Whiteness is a commodity in America, so it's no wonder the power structure put in place by white people for white people is protected fervently, despite moral values and otherwise common sense.
The idea of one human race is as utopian as it is obnoxious. Eradicating hunger and poverty is possible in this country, but it will never happen. Just like America evolving into one human race will never happen either.
Sexism makes it so white men are held accountable for centuries of racism in America, and that’s not fair, because white woman are equally culpable, but cloaked in the protection of their race first, and gender second.
53 percent of white women who voted, voted for Trump. White women largely voted against us, then asked us to join hands in solidarity for the social engineered flowery narrative of #MeToo and the Women’s March. 63 percent of those same women voted for Roy Moore in Alabama, then went home to their white husbands, who voted for him too.
Yes, race is a social construct, but it has been practiced for centuries in America, and ignoring it won’t make it go away. Ignoring it would mean we trust the hearts of our oppressors to do what’s right so everyone in this country can be equal. This is also as utopian as it is obnoxious. It also sounds ridiculous. Accountability is the only way to break bad behavior, and white women have never been held accountable for their crimes in the same way white men and black people have in this country.
Rebekah Mercer, hedge fund billionaire heiress, suggested Steve Bannon to take over the Trump campaign. Why was there no outcry? Something resonated in the message of protecting American borders from brown drug dealers, rapists and people who do bad things. It’s no surprise that this message resonated with the same group who historically used the same irrational fear to demonize and punish black men in America.

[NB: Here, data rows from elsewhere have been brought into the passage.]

//! How the arms of an `IF` are drawn.

use crate::coils::{Coil, Coils};
use diagram_program::CoilMode;
use st_statements::{StatementList, constant_of};

/// How an `IF` is drawn.
#[derive(Clone, Copy)]
pub(crate) enum Form {
    /// The condition sets and resets coils.
    Latches(Coils),
    /// The condition ends the scan.
    Exit,
    /// Its inverse jumps over the statements.
    Jumps,
}

/// The coils that statements are, behind those from before them: assignments of constants to different variables. None where they are others.
fn latches_of(list: &StatementList, coils: Coils) -> Option<Coils> {
    match list {
        StatementList::End => Some(coils),
        StatementList::Assign {
            variable,
            value,
            next,
        } => {
            if coils.is_full() || coils.writes(*variable) {
                return None;
            }
            let mode = match constant_of(value) {
                Some(true) => CoilMode::Set,
                Some(false) => CoilMode::Reset,
                None => return None,
            };
            latches_of(
                next,
                coils.with(Coil {
                    mode,
                    variable: *variable,
                }),
            )
        }
        StatementList::Trigger { .. }
        | StatementList::Call { .. }
        | StatementList::Select { .. }
        | StatementList::Return { .. } => None,
    }
}

/// Whether there is no statement.
pub(crate) fn is_end(list: &StatementList) -> bool {
    matches!(list, StatementList::End)
}

/// Whether there is a RETURN and nothing else.
fn is_return(list: &StatementList) -> bool {
    match list {
        StatementList::Return { next } => is_end(next),
        _ => false,
    }
}

/// How an `IF` with these arms is drawn.
pub(crate) fn form_of(accepted: &StatementList, otherwise: &StatementList) -> Form {
    if !is_end(otherwise) {
        return Form::Jumps;
    }
    if is_return(accepted) {
        return Form::Exit;
    }
    match latches_of(accepted, Coils::new()) {
        Some(coils) if !coils.is_empty() => Form::Latches(coils),
        _ => Form::Jumps,
    }
}

/// Whether the last statement is an `IF` that jumps to its end.
pub(crate) fn ends_in_jumps(list: &StatementList) -> bool {
    match list {
        StatementList::End => false,
        StatementList::Assign { next, .. } => ends_in_jumps(next),
        StatementList::Trigger { next, .. } => ends_in_jumps(next),
        StatementList::Call { next, .. } => ends_in_jumps(next),
        StatementList::Return { next } => ends_in_jumps(next),
        StatementList::Select {
            accepted,
            otherwise,
            next,
            ..
        } => {
            if is_end(next) {
                matches!(form_of(accepted, otherwise), Form::Jumps)
            } else {
                ends_in_jumps(next)
            }
        }
    }
}
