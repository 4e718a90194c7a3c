//! What an expression is as a tree.

use st_expression::{Expression, Operand};

/// Whether two operands are one.
fn is_same_operand(a: Operand, b: Operand) -> bool {
    match (a, b) {
        (Operand::Variable(first), Operand::Variable(second)) => first == second,
        (Operand::Output(first), Operand::Output(second)) => first == second,
        _ => false,
    }
}

/// Whether two expressions are the same tree.
pub(crate) fn same(first: &Expression, second: &Expression) -> bool {
    match (first, second) {
        (Expression::Constant(a), Expression::Constant(b)) => *a == *b,
        (Expression::Operand(a), Expression::Operand(b)) => is_same_operand(*a, *b),
        (Expression::Not(a), Expression::Not(b)) => same(a, b),
        (Expression::Equal(a, b), Expression::Equal(c, d)) => same(a, c) && same(b, d),
        (Expression::And(a, b), Expression::And(c, d)) => same(a, c) && same(b, d),
        (Expression::Exclusive(a, b), Expression::Exclusive(c, d)) => same(a, c) && same(b, d),
        (Expression::Or(a, b), Expression::Or(c, d)) => same(a, c) && same(b, d),
        _ => false,
    }
}

/// The number of the part that is the same tree as an expression.
pub(crate) fn part_of(parts: &[&Expression], expression: &Expression) -> Option<usize> {
    for (number, part) in parts.iter().enumerate() {
        if same(part, expression) {
            return Some(number);
        }
    }
    None
}

/// A contact: it is closed where its operand is `on`.
#[derive(Clone, Copy)]
pub(crate) struct Contact {
    pub(crate) operand: Operand,
    pub(crate) on: bool,
}

/// The contact that is an operand, or NOT of one.
pub(crate) fn contact_of(expression: &Expression) -> Option<Contact> {
    match expression {
        Expression::Operand(operand) => Some(Contact {
            operand: *operand,
            on: true,
        }),
        Expression::Not(negated) => match &**negated {
            Expression::Operand(operand) => Some(Contact {
                operand: *operand,
                on: false,
            }),
            _ => None,
        },
        _ => None,
    }
}
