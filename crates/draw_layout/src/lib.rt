//! Lays out statements of Structured Text as the rungs of a ladder diagram.
//!
//! Nothing is promised of the text but that the layout ends: a reader looks at its bytes again, and compares them with the statements.
#![tactic(auto)]

mod coils;
mod fitting;
mod forms;
mod grid;
mod laying;
mod names;
mod picture;
mod placing;
mod rungs;
mod shared;
mod sheet;
mod size;
mod text;
mod tree;
mod word;

pub use laying::lay_out;
pub use names::{Comment, NamedInstance, Names};
pub use sheet::Layout;
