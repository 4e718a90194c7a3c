//! Parts of an expression become helpers, until the rest fits.

use crate::size::{CONTACT, CROSSED, LARGEST, NOTHING, Size, joined, size_of, small_size};
use crate::tree::{contact_of, part_of};
use diagram_program::geometry::RUNGS;
use st_expression::Expression;
use st_statements::constant_of;
use std::alloc::AllocError;

/// Which of two networks become helpers, and the size of both together then.
#[derive(Clone, Copy)]
struct Split {
    first: bool,
    second: bool,
    size: Size,
}

/// Whether a size is more than there is room for.
fn is_over(size: Size, limit: Size) -> bool {
    size.width > limit.width || size.height > limit.height
}

/// Whether the first of two networks takes no less than the second in the direction in which they add up.
fn is_first_greater(is_series: bool, first: Size, second: Size) -> bool {
    if is_series {
        first.width >= second.width
    } else {
        first.height >= second.height
    }
}

/// Which of two networks become helpers, so that both together fit: none, the greater one, or both.
fn split_of(is_series: bool, first: Size, second: Size, limit: Size) -> Split {
    let whole = joined(is_series, first, second);
    if !is_over(whole, limit) {
        return Split {
            first: false,
            second: false,
            size: whole,
        };
    }
    let is_first = is_first_greater(is_series, first, second);
    let less = if is_first {
        joined(is_series, CONTACT, second)
    } else {
        joined(is_series, first, CONTACT)
    };
    let are_both = is_over(less, limit);
    Split {
        first: is_first || are_both,
        second: !is_first || are_both,
        size: if are_both {
            joined(is_series, CONTACT, CONTACT)
        } else {
            less
        },
    }
}

/// Which operands of `XOR` or `=` become helpers: those that are no contacts.
fn crossed_split_of(first: &Expression, second: &Expression) -> Split {
    Split {
        first: contact_of(first).is_none(),
        second: contact_of(second).is_none(),
        size: CROSSED,
    }
}

/// Adds a part, unless there is a helper for the same tree.
pub(crate) fn add_part<'a>(
    parts: &mut Vec<&'a Expression>,
    part: &'a Expression,
) -> Result<(), AllocError> {
    if part_of(parts, part).is_none() {
        parts.push(part)?;
    }
    Ok(())
}

/// Makes helpers of the parts of an expression, or its inverse where it isn't `on`, until its network is at most so large, and gives its
/// size then. A helper's own network is never too large, and has only helpers from before it. Past as many as a program can have rungs
/// nothing more is looked at: then there are too many rungs whatever follows.
pub(crate) fn fit<'a>(
    expression: &'a Expression,
    on: bool,
    limit: Size,
    parts: &mut Vec<&'a Expression>,
) -> Result<Size, AllocError> {
    if parts.len() >= RUNGS {
        return Ok(NOTHING);
    }
    if let Some(size) = small_size(expression, parts) {
        return Ok(size);
    }
    let (a, b, split) = match expression {
        Expression::Constant(_) => return Ok(NOTHING),
        Expression::Operand(_) => return Ok(CONTACT),
        Expression::Not(a) => return fit(a, !on, limit, parts),
        Expression::And(a, b) | Expression::Or(a, b) => {
            let is_series = matches!(expression, Expression::And(_, _)) == on;
            let first = fit(a, on, limit, parts)?;
            let second = fit(b, on, limit, parts)?;
            (a, b, split_of(is_series, first, second, limit))
        }
        Expression::Equal(a, b) | Expression::Exclusive(a, b) => {
            let is_exclusive = matches!(expression, Expression::Exclusive(_, _)) == on;
            match (constant_of(a), constant_of(b)) {
                (Some(value), _) => return fit(b, is_exclusive != value, limit, parts),
                (_, Some(value)) => return fit(a, is_exclusive != value, limit, parts),
                _ => (a, b, crossed_split_of(a, b)),
            }
        }
    };
    if split.first {
        fit(a, true, LARGEST, parts)?;
        add_part(parts, a)?;
    }
    if split.second {
        fit(b, true, LARGEST, parts)?;
        add_part(parts, b)?;
    }
    Ok(split.size)
}

/// What leads to a coil, a block or a jump.
#[derive(Clone, Copy)]
pub(crate) enum Feed<'a> {
    /// The left rail.
    Rail,
    /// The network of an expression, or of its inverse where it isn't `on`.
    Network {
        expression: &'a Expression,
        on: bool,
    },
}

/// What leads an expression, or its inverse where it isn't `on`, to a cell; the parts get what needs a helper for it. What is never on is a
/// helper itself.
pub(crate) fn feed_of<'a>(
    expression: &'a Expression,
    on: bool,
    limit: Size,
    parts: &mut Vec<&'a Expression>,
) -> Result<Feed<'a>, AllocError> {
    match constant_of(expression) {
        Some(value) if value == on => return Ok(Feed::Rail),
        Some(_) => add_part(parts, expression)?,
        None => {
            fit(expression, on, limit, parts)?;
        }
    }
    Ok(Feed::Network { expression, on })
}

/// What leads an expression to a cell in a single row. What is higher is a helper as a whole.
pub(crate) fn row_feed_of<'a>(
    expression: &'a Expression,
    parts: &mut Vec<&'a Expression>,
) -> Result<Feed<'a>, AllocError> {
    let feed = feed_of(expression, true, LARGEST, parts)?;
    if size_of(expression, true, parts).height > 1 {
        add_part(parts, expression)?;
    }
    Ok(feed)
}
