//! The engine of a member: it receives inputs, and returns outputs in the order in which the host carries them out.
//!
//! It holds no network, clock or disk, and no key but the scheme's. Moments are milliseconds and never decrease.
#![tactic(auto, using(engine_outbox::proofs::Continuity::stays, engine_outbox::proofs::Continuity::goes_further, crate::proofs::CertificateVotes::takes_nothing, crate::proofs::CertificateVotes::takes_no_more, crate::proofs::CertificateVotes::takes_anyway))]

ghost use Rattle.std.specs.Prelude.{◌≡◌, ◌⊎◌, ◌++◌, [], length, Contains, None, Err, if◌then◌else◌, IfOk, IfErr, IfSome, OnOk, OnErr, IsNone, IsFalse, IsTrue, Ok, true, false};
ghost use Rattle.std.specs.Option.{option_copied};
ghost use Rattle.simplex_types.specs.declared.types.fault.Fault.TheVariants.{OutOfMemory, Failed};
ghost use Rattle.simplex_engine.specs.Failures.{IsFailure};

mod begin;
mod calls;
mod inputs;
mod rest;
mod steps;
mod votes;

use crate::input::Input;
pub use begin::StartError;
use engine_fetches::fetches::Fetches;
use engine_outbox::journaled::Journaled;
use engine_outbox::output::Output;
pub use engine_planner::plan::Options;
use engine_planner::plan::Plan;
use engine_votes::batcher::Batcher;
use simplex_member::member::Stored;
use simplex_resolver::replay::LawfulResolver;
use simplex_types::types::assembly::Assembly;
use simplex_types::types::{Artifact, CertificateScheme, Digest, Elector, Fault, View};
use simplex_voter::voter::State;
use std::alloc::Global;
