//! The inputs of an engine.

use engine_votes::votes::Vote;
use simplex_types::reasons::TimeoutReason;
use simplex_types::types::{Certificate, CertificateScheme, Context, Participant, Proposal, View};

/// One input. Time is no input: the host passes the moment with each call, and `poll` detects a timeout.
#[derive(Drop)]
pub enum Input<S: CertificateScheme, D> {
    /// A proposal, and the member that sent it, whose signature the host has verified.
    Proposal(Participant, Proposal<D>),
    /// A vote whose signature the host has verified; also each of the engine's own, once the host has sent it.
    Vote(Vote<D, S::Signature>),
    /// A certificate that the host has verified.
    Certificate(Certificate<S, D>),
    /// True if the application found the view's proposal valid, after `Work::Verify`.
    Verified(View, bool),
    /// The payload that the application built in the context of a `Work::Build`.
    Built(Context<D, S::PublicKey>, D),
    /// True if the application certified the view's notarized proposal. It is ignored if the member did not offer the
    /// proposal in this lifetime, or has its verdict.
    Certified(View, bool),
    /// The view times out for a reason that the engine can't see by itself.
    GivenUp(View, TimeoutReason),
}
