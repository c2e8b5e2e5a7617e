//! The engine of a member, without network, clock or disk: it takes inputs, and returns all outputs in order.
#![tactic(auto)]

pub mod engine;
pub mod input;
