//! What becomes of the blocks and intervals of a module that is rewritten, and which functions come with it.

use gr_base::Seq;
use sym_expr::PatchTarget;
use uuid::Uuid;

/// What a rewriting moved: blocks and intervals in which words are inserted, in order, and the functions that are new.
#[derive(Debug, Drop)]
pub struct Moved {
    pub blocks: Seq<MovedBlock>,
    pub intervals: Seq<MovedInterval>,
    pub functions: Seq<NewFunction>,
}

/// A block in which words are inserted, and the parts that it is cut into.
#[derive(Debug, Drop)]
pub struct MovedBlock {
    pub block: Uuid,
    pub parts: Seq<Part>,
}

/// A part of a block: its offset from the block's new start, its size in bytes, and where its words come from.
#[derive(Debug, Drop)]
pub struct Part {
    pub uuid: Uuid,
    pub start: u64,
    pub size: u64,
    pub words: Seq<WordFrom>,
}

/// Where a word comes from.
#[derive(Debug, Drop)]
pub enum WordFrom {
    /// The block's own word at an offset.
    Old(u64),
    /// The patches, with what its operand names.
    Insert(Option<PatchTarget>),
}

/// An interval in which words are inserted, its size before and after, and where its bytes go.
#[derive(Debug, Drop)]
pub struct MovedInterval {
    pub interval: Uuid,
    pub old_size: u64,
    pub new_size: u64,
    pub pieces: Seq<Piece>,
}

/// Bytes that stay together: where they were, how many there are, and where they go.
#[derive(Clone, Copy, Debug, PartialEq, Eq)]
pub struct Piece {
    pub from: u64,
    pub len: u64,
    pub to: u64,
}

/// A function that the patches brought: its identifier, its symbol, and its blocks in order.
#[derive(Debug, Drop)]
pub struct NewFunction {
    pub uuid: Uuid,
    pub symbol: Uuid,
    pub blocks: Seq<Uuid>,
}
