//! What becomes of the blocks and intervals of a module once patches insert words and bring functions.
#![tactic(auto)]

mod blocks;
mod functions;
mod intervals;
mod moved;
mod targets;
mod whole;

pub use moved::{Moved, MovedBlock, MovedInterval, NewFunction, Part, Piece, WordFrom};
pub use whole::moved_in;
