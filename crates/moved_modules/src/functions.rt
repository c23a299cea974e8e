//! The functions that patches bring, by their identifiers.

ghost use Rattle.std.specs.Prelude.{◌≡◌, map, IfOk};
ghost use Rattle.moved_modules.specs.Moved.{new_function};
ghost use Rattle.sym_expr.specs.Patches.{function_blocks};
ghost use Rattle.sym_expr.specs.TableOk.{block_ids};

use crate::moved::NewFunction;
use derived_ids::{block_id, function_id, symbol_id};
use gr_base::Seq;
use gt_model::Module;
use new_symbols::block_count;
use std::alloc::{AllocError, Global};
use sym_expr::{Function, PatchTable};
use uuid::Uuid;

/// The identifiers of a function's blocks.
fn block_ids(alloc: Global, module: &Module, function: &Function) -> Result<Seq<Uuid>, AllocError>
    ensures { IfOk result (λ ids. ids ≡ block_ids «module».now function.now 0 (function_blocks function.now)) }
{
    let name = function.name.as_str();
    let mut ids = Vec::new(alloc);
    for k in 0..block_count(function) {
        let id = block_id(alloc, &module.uuid, name, k)?;
        ids.push(id)?;
    }
    Ok(Seq::from_vec(ids))
}

fn new_function(
    alloc: Global,
    module: &Module,
    function: &Function,
) -> Result<NewFunction, AllocError>
    ensures { IfOk result (λ new. new ≡ new_function «module».now function.now) }
{
    let uuid = function_id(alloc, &module.uuid, function.name.as_str())?;
    let symbol = symbol_id(alloc, &module.uuid, function.name.as_str())?;
    let blocks = block_ids(alloc, module, function)?;
    Ok(NewFunction {
        uuid,
        symbol,
        blocks,
    })
}

/// The functions of patches in order.
pub(crate) fn new_functions(
    alloc: Global,
    module: &Module,
    patches: &PatchTable,
) -> Result<Seq<NewFunction>, AllocError>
    ensures { IfOk result (λ functions. functions ≡ map (new_function «module».now) patches.now.functions) }
{
    let mut functions = Vec::new(alloc);
    for function in patches.functions.as_slice() {
        let made = new_function(alloc, module, function)?;
        functions.push(made)?;
    }
    Ok(Seq::from_vec(functions))
}
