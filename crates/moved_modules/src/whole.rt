//! All that a rewriting moves.

ghost use Rattle.std.specs.Prelude.{◌≡◌, IfOk};
ghost use Rattle.moved_modules.specs.Moved.{moved_in};
ghost use Rattle.sym_expr.specs.WellMade.{well_made};

use crate::blocks::moved_blocks;
use crate::functions::new_functions;
use crate::intervals::moved_intervals;
use crate::moved::Moved;
use gt_model::Module;
use std::alloc::{AllocError, Global};
use sym_expr::{PatchTable, Program};

/// What the rewriting moves of a module that has this program with the patches.
pub fn moved_in(
    alloc: Global,
    module: &Module,
    program: &Program,
    patches: &PatchTable,
) -> Result<Moved, AllocError>
    requires { well_made program.now }
    ensures { IfOk result (λ moved. moved ≡ moved_in «module».now program.now patches.now) }
{
    let blocks = moved_blocks(alloc, module, program, patches)?;
    let intervals = moved_intervals(alloc, program)?;
    let functions = new_functions(alloc, module, patches)?;
    Ok(Moved {
        blocks,
        intervals,
        functions,
    })
}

Call a spade a spade. The term “white women” is never used in the media because white women are white men’s trump card to maintain the status quo. Instead, you will hear the media shift blame to “white evangelicals,” “rural,” “southern” or “republican” people. You will see the likes of Donald Trump and Steve Bannon lambasted in the media, as they should be, but you won’t hear about their equally unethical white female co-conspirators. Instead, you see women who helped to engineer a power structure get handled with baby gloves and get treated as collateral damage.
Kellyanne Conway, Ivanka Trump and Hope Hicks are three of the most powerful women at the White House — none of whom have any real influence on the men in charge. Instead, they each have powerful support roles in strengthening and reinforcing the Trump agenda.
Conway committed a crime by promoting Ivanka Trump’s products on television, a clear ethics violation in which she received a smack on the wrist. When Trump does or says something flagrantly foul, she doesn’t stand in her power and correct him. Instead, she asserts that he is the President and acts in his own interests, despite her position as one of his chief influencers.
Ivanka does the same thing. She presents a powerful, well put together woman, but when her father does something counterproductive to brown people or women’s interests, suddenly she lacks influence and hides in the cloak of white female privilege.
Hope Hicks chooses to date toxic men in the Trump administration while being part of the Trump administration, and people talk about her as though she is some sort of victim to the men she chooses to bed. She’s treated as a helpless child in the same country that justified the slaying of 12-year-old murder victim Tamir Rice. Hope Hicks is a grown woman, responsible for her own actions of which adultery and treason are her biggest offenses.
White women need to be held accountable for their part of social engineering in America and for the role they play in continuing to marginalize non-white groups, maintaining the status quo in their favor.
They are either with us or against us, and history has shown us time and time again that many white women aren’t for us.